Я говорил себе, что человек - раб маленького механизма, который
отмеряет время и твердит: пора делать то-то и то-то, торопись, не мешкай. В
нашем мире я только и слышал: время - деньги. У островитян времени было
сколько угодно. Значит, они - богачи. И они обходились без часов. А мы
прикованы к часам, которые похищают у нас время. Я не мог простить Иоане и
себе, что позволил ему спасти часики от расправы, что моя заветная мечта так
и не исполнилась. Я сказал себе, я говорил другим, я даже эту книгу начал со
слов о том, что разбил часы. Это неправда. Часики достались Иоане. Но он их
вскрыл и так основательно покопался в механизме, что они никак не могли
похищать у него время.
В тот день, когда наши друзья из деревни завершили строительство,
получили расчет и ушли, для нас началась новая жизнь. В долине царил мир и
покой. Мы убрали палатку и вселились в новую, зеленую обитель. Больше никто
не носил нам еду, так что пришлось самим заняться снабжением и строить
кухню. Я взял мачете, срубил четыре прямых гибискусовых жерди и вбил их в
землю рядом с хижиной. Сверху примостил плетенку из пальмовых листьев, и
этот навес стал нашей кухней с выложенной камнем земляной печью на
полинезийский лад.
Обставить хижину было несложно. Иоане уже смастерил нары вдоль одной
короткой стены, причем когда я, измерив все рулеткой, опустил задранное
вверх изножье, он снова поднял его: глазомер вернее! Правда, это не помешало
ему потом выпросить у меня и рулетку. Уж очень забавно лента убегала в свой
"домик", когда он нажимал кнопку. Лежать на бугристых нарах из круглых
жердей было примерно так же удобно, как на бильярдных шарах, и мы настелили
толстый матрац из банановых листьев. Связав лубом палки, я сделал две
табуретки, стол (столешницей служила бамбуковая плетенка) и маленькую полку.
Весь прочий инвентарь тоже был в стиле Робинзона Крузо. Тарелками служили
большие жемчужницы, которые отсвечивали на солнце всеми цветами радуги.

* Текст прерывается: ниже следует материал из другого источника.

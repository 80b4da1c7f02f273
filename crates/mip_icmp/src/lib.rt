//! The ICMPv6 messages of Mobile IPv6: their types, their reader and their writer.
#![tactic(auto)]

mod advertisement;
mod agent_info;
mod area;
mod discovery;
mod fault;
mod message;
mod option_writing;
mod options;
mod parameter;
mod plain;
mod prefix_info;
mod prefixes;
mod reading;
mod writing;

pub use agent_info::AgentInfo;
pub use fault::IcmpFault;
pub use message::Icmp;
pub use options::{IcmpOptions, IcmpSet};
pub use plain::PlainIcmp;
pub use prefix_info::PrefixInfo;
pub use reading::read_icmp;
pub use writing::write_icmp;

Роль
чашек исполняли скорлупы кокосовых орехов на кольцах из бамбука. (Если снять
с ореха защитную кожуру и постучать острым камнем по средней линии, скорлупа
распадается на две аккуратные половинки, будто распиленная.) Для стаканов я
использовал колена зрелого, золотистого бамбука; из того же твердого
материала сделал ложки и черпаки. Воду мы носили в бутылочной тыкве,
вычищенной изнутри и высушенной над слабым огнем. Из оставленного
островитянами куска коровьей шкуры я сшил длинные ножны для своего мачете,
да еще хватило на прочные петли для двери и ставней, потому что лубяные
петли быстро высыхали и рвались. С пледами мы не расстались: после
тропического дня ночи казались нам достаточно прохладными.

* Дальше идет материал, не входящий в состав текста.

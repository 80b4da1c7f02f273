//! Router Advertisement, type 134 (RFC 4861 section 4.2, RFC 6275 section 7.1).

ghost use Rattle.std.specs.Prelude.{◌≡◌, ◌≤◌, ◌<◌, ◌^◌, ◌++◌, length, IfOk, OnOk};
ghost use Rattle.mip_words.specs.Steps.{Gives};
ghost use Rattle.mip_icmp.specs.Said.{Advertisement, said, HasSpan};
ghost use Rattle.mip_icmp.specs.Fields.{is_agent_flag};
ghost use Rattle.mip_icmp.specs.Reading.{advertisement_in};
ghost use Rattle.mip_icmp.specs.Spelling.{agent_flag, unsummed};
ghost use Rattle.mip_icmp.specs.SpellingLaws.{FitsSet};

use crate::area::read_area;
use crate::fault::IcmpFault;
use crate::message::Icmp;
use crate::option_writing::put_options;
use crate::options::IcmpSet;
use mip_words::{Bytes, Memory, u16_at, u16_bytes};

/// Flag H, the router is a home agent, in the byte of flags.
const AGENT: u8 = 0x20;

fn has_agent_flag(flags: u8) -> bool
    ensures { result ≡ is_agent_flag flags }
{
    flags / AGENT % 2 == 1
}

#[tactic(auto, unfolding(crate::specs::Reading::advertisement_in))]
pub(crate) fn advertisement_of(body: &[u8]) -> Result<Icmp<'_>, IcmpFault>
    requires { 16 ≤ length body.now }
    ensures exact { Gives said result (advertisement_in body.now) }
    ensures span { IfOk result (HasSpan body.now) }
{
    let options = read_area(body, 16)?;
    Ok(Icmp::Advertisement {
        hop: body[4],
        agent: has_agent_flag(body[5]),
        life: u16_at(body, 6),
        options,
    })
}

/// The byte of flags.
fn flags(agent: bool) -> u8
    ensures { result ≡ agent_flag agent }
{
    if agent { AGENT } else { 0 }
}

/// Appends the message with a checksum of zero.
#[tactic(auto, unfolding(crate::specs::Spelling::unsummed))]
pub(crate) fn put_advertisement(
    out: &mut Bytes,
    hop: u8,
    agent: bool,
    life: u16,
    options: IcmpSet,
) -> Result<(), Memory>
    ensures bytes { OnOk result (out.new ≡ out.old ++ unsummed (Advertisement hop agent life options)) }
    ensures fits { OnOk result ((life < 2 ^ 16) × FitsSet options) }
{
    out.extend(&[134, 0, 0, 0, hop, flags(agent)])?;
    out.extend(&u16_bytes(life))?;
    out.extend(&[0; 8])?;
    put_options(out, options)
}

Трудно представить себе резиденцию лучше той, которую мы заняли на
королевской террасе. Поселите в такую обитель издерганного стрессами
человека - отдохнет и душой, и телом. Простой и гармоничный образ жизни
помогал отвлечься от всяческих проблем; бамбуковые стены снимали малейший
намек на нервное напряжение. Красивая зеленая плетенка становилась все
живописнее по мере того, как бамбук дозревал и на зелени пламенели все новые
золотисто-желтые полоски и пятна, создавая впечатление ожившего гобелена.
Одновременно и крыша из пальмовых листьев стала менять свой ярко-зеленый
цвет на красновато-коричневые оттенки. А распахнешь бамбуковые ставни - за
окном, будто королевский сад, простирается вся верхняя часть долины Омоа.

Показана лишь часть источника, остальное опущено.